Accepting And Rejecting the Null Hypothesis
Now, we can check if you should accept or reject the calculated Chi-Square with 95% confidence. The confidence is alpha, which equals 0.05. By putting the values that we figured out from the above formulas, we can find if the Chi-Square should be accepted or rejected.
- Degree of freedom = 1 (according to contingency table)
- Alpha = 0.05
- Chi-Square value = 3.84
You can find the value of Chi-Square using this table.
Because there is a huge difference between Observed values and Expected values, the distribution will fall to the right side.

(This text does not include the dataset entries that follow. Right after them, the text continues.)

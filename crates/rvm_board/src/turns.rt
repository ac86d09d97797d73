//! Consecutive turns of harts: the loop of a run, and of a script's steps.

ghost use Rattle.std.specs.Prelude.{◌≡◌, ◌<◌, ◌≤◌, ◌+◌, ◌-◌, ◌%◌, [], None, false, true, length, get_or};
ghost use Rattle.std.specs.List.{list_any};
ghost use Rattle.rvm_mem.specs.Pages.{mark_all};
ghost use Rattle.rvm_hart.specs.Running.{ends_so};
ghost use Rattle.rvm_hart.specs.Straight as straight;
ghost use Rattle.rvm_board.specs.Board.{machine_at};
ghost use Rattle.rvm_board.specs.Computing.{Compute};
ghost use Rattle.rvm_board.specs.Events.{pc_of, reply_of, step_reply, steps};
ghost use Rattle.rvm_board.specs.Guest.{is_in};
ghost use Rattle.rvm_board.specs.Marks.{gone, none_stops};
ghost use Rattle.rvm_board.specs.Turns.{TakesTurns, after_turns, next_hart, reply_of_stop, stop_in};
ghost use Rattle.rvm_board.specs.declared.turns.Order.TheVariants.{Alone, RoundRobin};

use crate::debugged::Debugged;
use crate::event::BoardReply;
use crate::rounds::Rounds;
use rvm_hart::Stepped;
use rvm_mem::Memory;

/// The number of turns that a run makes between two drains of what the guest sent.
pub const DRAIN_EVERY: u32 = 64;

/// The most bytes that a drain of a run takes.
pub const DRAIN_SIZE: u32 = 256;

/// The numbers of the loops that each have a copy of the straight path, as `Hart::run_straight` says.
const IN_TURNS: u8 = 0;

const IN_WATCHED_TURNS: u8 = 1;

const IN_ROUNDS: u8 = 2;

const IN_WATCHED_ROUNDS: u8 = 3;

pub(crate) const WHILE_FULL: u8 = 4;

pub(crate) const IN_RETIRING: u8 = 5;

pub(crate) const IN_RETIRING_ROUNDS: u8 = 6;

const IN_STRAIGHT_ROUNDS: u8 = 7;

pub(crate) const IN_COMPUTING_ROUNDS: u8 = 8;

pub(crate) const IN_COMPUTING: u8 = 9;

/// Which hart has the next turn.
#[derive(Clone, Copy, Debug, PartialEq, Eq)]
pub enum Order {
    /// The same hart.
    Alone,
    /// The hart with the next number; after the last hart, hart 0.
    RoundRobin,
}

/// What ends consecutive turns.
#[derive(Clone, Copy, Debug, PartialEq, Eq)]
pub enum Stop {
    /// A hart stopped at the breakpoint at this address instead of its step.
    Break(u32),
    /// The board is halted with this status.
    Halted(u8),
}

/// How consecutive turns ended.
#[derive(Clone, Copy, Debug, PartialEq, Eq)]
pub struct Turns {
    /// The number of turns that were made, with the one that ended them.
    pub made: u32,
    /// What ended the turns, if the last one stopped or halted.
    pub stop: Option<Stop>,
}
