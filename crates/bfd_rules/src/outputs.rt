//! What an event emits, in a list whose room is made before.
ghost use Rattle.std.specs.Prelude.{◌≡◌, ◌≤◌, ◌<◌, ◌+◌, ◌++◌, [], ◌∷◌, IfOk, OnOk, OnErr, length};

use bfd_packet::{Datagram, State};
use std::alloc::{AllocError, Global};
use std::marker::Model;

/// One output of an event.
#[derive(Drop)]
pub enum Out {
    /// The session of this discriminator changed its state; the diagnostic is the new one.
    Changed {
        discr: u32,
        old: State,
        new: State,
        diag: u8,
    },
    /// The session of this discriminator, or a reflector, sends a packet.
    Sent {
        discr: u32,
        datagram: Datagram,
    },
}

/// Outputs in the order in which they came, with room for a number of them that was set at the making.
#[derive(Drop)]
pub struct Outs {
    list: Vec<Out>,
    room: usize,
}

impl Model for Outs {
    ghost use Rattle.std.specs.Prelude.{◌-◌, ◌≤◌, vec_len, vec_capacity};
    ghost use Rattle.bfd_rules.specs.EventFrame.{Outputs};

    ghost Value = { Outputs };

    ghost view = { λ o. record { items = o.list.items; spare = o.room - vec_len o.list; room = o.room } };

    ghost invariant = { λ o. (vec_len o.list ≤ o.room) × (o.room ≤ vec_capacity o.list) };
}

impl Outs {
    /// An empty list with room for `room` outputs. Fails only when out of memory.
    pub fn make(alloc: Global, room: usize) -> Result<Outs, AllocError>
        ensures { IfOk result (λ outs. outs ≡ record { items = []; spare = room; room = room }) }
    {
        Ok(Outs {
            list: Vec::with_capacity(alloc, room)?,
            room,
        })
    }

    /// Drops the outputs; then all the room is free again.
    pub fn clear(&mut self)
        ensures { self.new ≡ record { items = []; spare = self.old.room; room = self.old.room } }
    {
        self.list.clear();
    }

    /// The outputs so far. With the room that is left they make up the room of the making.
    pub fn items(&self) -> &[Out]
        ensures items { result.now ≡ self.now.items }
        ensures whole { length self.now.items + self.now.spare ≡ self.now.room }
    {
        self.list.as_slice()
    }

    /// The room that is left, in outputs.
    pub fn spare(&self) -> usize
        ensures spare { result ≡ self.now.spare }
        ensures whole { length self.now.items + self.now.spare ≡ self.now.room }
    {
        self.room - self.list.len()
    }

    /// Returns the outputs; then all the room is free again. Fails only when out of memory, and then all is as it was.
    pub fn take(&mut self) -> Result<Vec<Out>, AllocError>
        ensures taken { IfOk result (λ list. list.items ≡ self.old.items) }
        ensures free { OnOk result (self.new ≡ record { items = []; spare = self.old.room; room = self.old.room }) }
        ensures same { OnErr result (self.new ≡ self.old) }
    {
        self.list.split_off(0)
    }

    /// Appends one output. Allocates no memory.
    pub fn push(&mut self, out: Out)
        requires { 0 < self.old.spare }
        ensures items { self.new.items ≡ self.old.items ++ out ∷ [] }
        ensures spare { self.new.spare + 1 ≡ self.old.spare }
        ensures room { self.new.room ≡ self.old.room }
    {
        self.list.push_reserved(out);
    }
}
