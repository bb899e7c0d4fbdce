//! The tick at which the next periodic packet is due (RFC 5880 section 6.8.7).
ghost use Rattle.std.specs.Prelude.{◌≡◌, ◌≢◌, ◌<◌, ◌≤◌, ℕ};
ghost use Rattle.bfd_num.specs.Numbers.{moment_bound, floor_tick as tick_of};
ghost use Rattle.bfd_rules.specs.Jitter.{earliest, latest};
ghost use Rattle.bfd_rules.specs.Jitter as jitter;

use bfd_num::{ceil_tick, floor_tick};

/// The tick, after the packet sent at `base`, at which the next periodic packet is due: one between three quarters
/// of the interval and the interval, or with Detect Mult 1 nine tenths of it, as the draw `j` picks. `base` and
/// `interval` are in microseconds.
#[tactic(auto, unfolding(crate::specs::Jitter::pick, bfd_num::specs::Numbers::floor_tick, bfd_num::specs::Numbers::ceil_tick))]
pub fn pick(base: u64, interval: u32, mult: u8, j: u32) -> u64
    requires base { base < moment_bound }
    requires interval { 10000 ≤ interval }
    requires mult { mult ≢ 0 }
    ensures value { result ≡ jitter.pick base interval mult j }
    ensures order { earliest base interval ≤ latest base interval mult }
    ensures from { earliest base interval ≤ result }
    ensures to { result ≤ latest base interval mult }
    ensures later { (m : ℕ) → m ≤ base → tick_of m < result }
    ensures below { result < moment_bound }
{
    let interval = u64::from(interval);
    let most = if mult == 1 {
        9 * interval / 10
    } else {
        interval
    };
    let earliest = ceil_tick(base + (3 * interval + 3) / 4);
    let latest = floor_tick(base + most);
    earliest + u64::from(j) % (latest - earliest + 1)
}
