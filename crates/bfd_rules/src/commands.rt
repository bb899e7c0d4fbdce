//! Commands to a session, and why one is refused.
ghost use Rattle.std.specs.Prelude.{◌≡◌};
ghost use Rattle.bfd_rules.specs.Names.{refusal_name};

/// A command (RFC 5880 sections 6.8.10 to 6.8.17). The numbers are as they were given: one that is out of its range is refused.
#[derive(Clone, Copy, Debug, PartialEq, Eq)]
pub enum Cmd {
    /// Enter AdminDown (section 6.8.16).
    Disable,
    /// Leave AdminDown (section 6.8.16).
    Enable,
    /// The forwarding plane was reset (section 6.8.15).
    Reset,
    /// A concatenated path: 0 for none, 6 down, 8 down in reverse (section 6.8.17).
    Path(u64),
    /// Desired Min TX Interval, in microseconds (sections 6.8.3 and 6.8.11).
    Tx(u64),
    /// Required Min RX Interval, in microseconds (sections 6.8.3 and 6.8.10).
    Rx(u64),
    /// Detect Mult (section 6.8.12).
    Mult(u64),
    /// Demand mode: 1 on, 0 off (sections 6.6 and 6.8.14).
    Demand(u64),
    /// The interval of the Echo function, in microseconds, or 0 for none (sections 6.4, 6.8.9 and 6.8.13).
    EchoEvery(u64),
    /// The id of the key to send with (sections 6.7.2 to 6.7.4).
    Key(u64),
}

/// Why a command is refused.
#[derive(Clone, Copy, Debug, PartialEq, Eq)]
pub enum Refusal {
    /// In Up a Poll Sequence is on, and the command would need one of its own.
    PollBusy = 1,
    /// The session is in AdminDown, or for `Enable` isn't.
    WrongState = 2,
    /// The number is outside its range, or names no key of the session.
    OutOfRange = 3,
    /// Sessions of this kind don't know the command.
    WrongKind = 4,
    /// No session has the discriminator.
    UnknownSession = 5,
}

impl Refusal {
    /// The refusal's name, as it is written in the enum.
    pub fn name(self) -> &'static str
        ensures { result.now ≡ refusal_name self }
    {
        match self {
            Refusal::PollBusy => "PollBusy",
            Refusal::WrongState => "WrongState",
            Refusal::OutOfRange => "OutOfRange",
            Refusal::WrongKind => "WrongKind",
            Refusal::UnknownSession => "UnknownSession",
        }
    }
}
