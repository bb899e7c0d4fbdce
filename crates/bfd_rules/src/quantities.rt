//! The quantities that a session's variables give (RFC 5880 sections 6.6 and 6.8.1 to 6.8.7).
ghost use Rattle.std.specs.Prelude.{◌≡◌, ◌<◌, ◌^◌};
ghost use Rattle.std.specs.Option.{ForSome};
ghost use Rattle.bfd_num.specs.Numbers.{moment_bound};
ghost use Rattle.bfd_rules.specs.Quantities as quantities;
ghost use Rattle.bfd_rules.specs.Quantities.{poll_started};

use crate::{Poll, Vars};
use bfd_packet::State;

/// The least Desired Min TX Interval that is advertised outside Up, in microseconds (section 6.8.3).
pub const SLOW_TX: u32 = 1_000_000;

/// The state is AdminDown (section 6.8.16).
pub fn is_admin_down(state: State) -> bool
    ensures { result ≡ quantities.is_admin_down state }
{
    matches!(state, State::AdminDown)
}

/// This session and its peer are Up, as far as this session knows.
fn both_up(v: &Vars) -> bool
    ensures { result ≡ quantities.both_up v.now }
{
    matches!(v.state, State::Up) && matches!(v.remote_state, State::Up)
}

/// The Desired Min TX Interval that is advertised, in microseconds: at least 1,000,000 unless the session is
/// Up (section 6.8.3).
pub fn adv_tx(v: &Vars) -> u32
    ensures { result ≡ quantities.adv_tx v.now }
{
    if matches!(v.state, State::Up) {
        v.tx
    } else {
        v.tx.max(SLOW_TX)
    }
}

/// The interval of periodic packets before jitter, in microseconds (section 6.8.7).
pub fn tx_interval(v: &Vars) -> u32
    ensures { result ≡ quantities.tx_interval v.now }
{
    v.used_tx.max(v.remote_min_rx)
}

/// Demand mode is active on the local system (section 6.6).
pub fn demand_here(v: &Vars) -> bool
    ensures { result ≡ quantities.demand_here v.now }
{
    v.demand && both_up(v)
}

/// Demand mode is active on the remote system (section 6.6).
pub fn demand_there(v: &Vars) -> bool
    ensures { result ≡ quantities.demand_there v.now }
{
    v.remote_demand && both_up(v)
}

/// No Poll Sequence is on (section 6.5).
pub(crate) fn is_idle(poll: Poll) -> bool
    ensures { result ≡ quantities.is_idle poll }
{
    matches!(poll, Poll::Idle)
}

/// Periodic packets may be sent: the peer's Required Min RX Interval isn't 0, this side is active or knows the
/// peer's discriminator, and Demand mode isn't active on the remote system unless a Poll Sequence is on
/// (sections 6.1, 6.6 and 6.8.7). An initiator and a head give `active` as true.
pub fn may_send(active: bool, v: &Vars) -> bool
    ensures { result ≡ quantities.may_send active v.now }
{
    v.remote_min_rx != 0
        && (active || v.remote_discr != 0)
        && (!demand_there(v) || !is_idle(v.poll))
}

/// The Detection Time in Asynchronous mode, in microseconds (section 6.8.4).
pub fn detection_time(v: &Vars) -> u64
    ensures value { result ≡ quantities.detection_time v.now }
    ensures fits { result < 2 ^ 40 }
{
    u64::from(v.remote_mult) * u64::from(v.used_rx.max(v.remote_tx))
}

/// When the first packet of a running Poll Sequence was sent, in microseconds.
fn poll_started(poll: Poll) -> Option<u64>
    ensures { result ≡ poll_started poll }
{
    match poll {
        Poll::Running(first) => Some(first),
        Poll::Idle | Poll::Wanted => None,
    }
}

/// The moment at which the Detection Time expires, in microseconds; None where none runs (section 6.8.4). With
/// Demand mode active here it is the own Detect Mult times the own interval after the first packet of a running
/// poll, else the Detection Time after the last packet heard.
pub fn deadline(v: &Vars) -> Option<u64>
    requires heard { ForSome v.now.heard (λ m. m < moment_bound) }
    requires poll { ForSome (poll_started v.now.poll) (λ m. m < moment_bound) }
    ensures { result ≡ quantities.deadline v.now }
{
    if demand_here(v) {
        let wait = u64::from(v.mult) * u64::from(tx_interval(v));
        poll_started(v.poll).map(|first| first + wait)
    } else {
        let wait = detection_time(v);
        v.heard.map(|heard| heard + wait)
    }
}

/// The moment at which the received sequence number is forgotten, in microseconds: two Detection Times after the
/// last one was heard; None where none is kept (section 6.8.1, bfd.AuthSeqKnown).
pub fn seq_deadline(v: &Vars) -> Option<u64>
    requires { ForSome v.now.seq_heard (λ m. m < moment_bound) }
    ensures { result ≡ quantities.seq_deadline v.now }
{
    let wait = 2 * detection_time(v);
    v.seq_heard.map(|heard| heard + wait)
}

From the above figure, we can understand that the value of Chi-Square ranges between 0 and inf. However, the alpha lies in the opposite direction ranging between 0 to 1. If the Chi-Square value drops to the error region, you have to reject the Null hypothesis. The error region will be the alpha and range between 0 to 0.05. However, in the above example, the Chi-Square value is lower than the critical Chi-Square value, so you will accept the null hypothesis.
Understanding the above context about the Chi-Square test will give you a clear picture of the concept. Keep in mind that the test will help you identify the relationship between observed and estimated values. Also, it indicates if the variables are dependent or independent. However, you cannot determine why these variables are dependent and the relationship between them.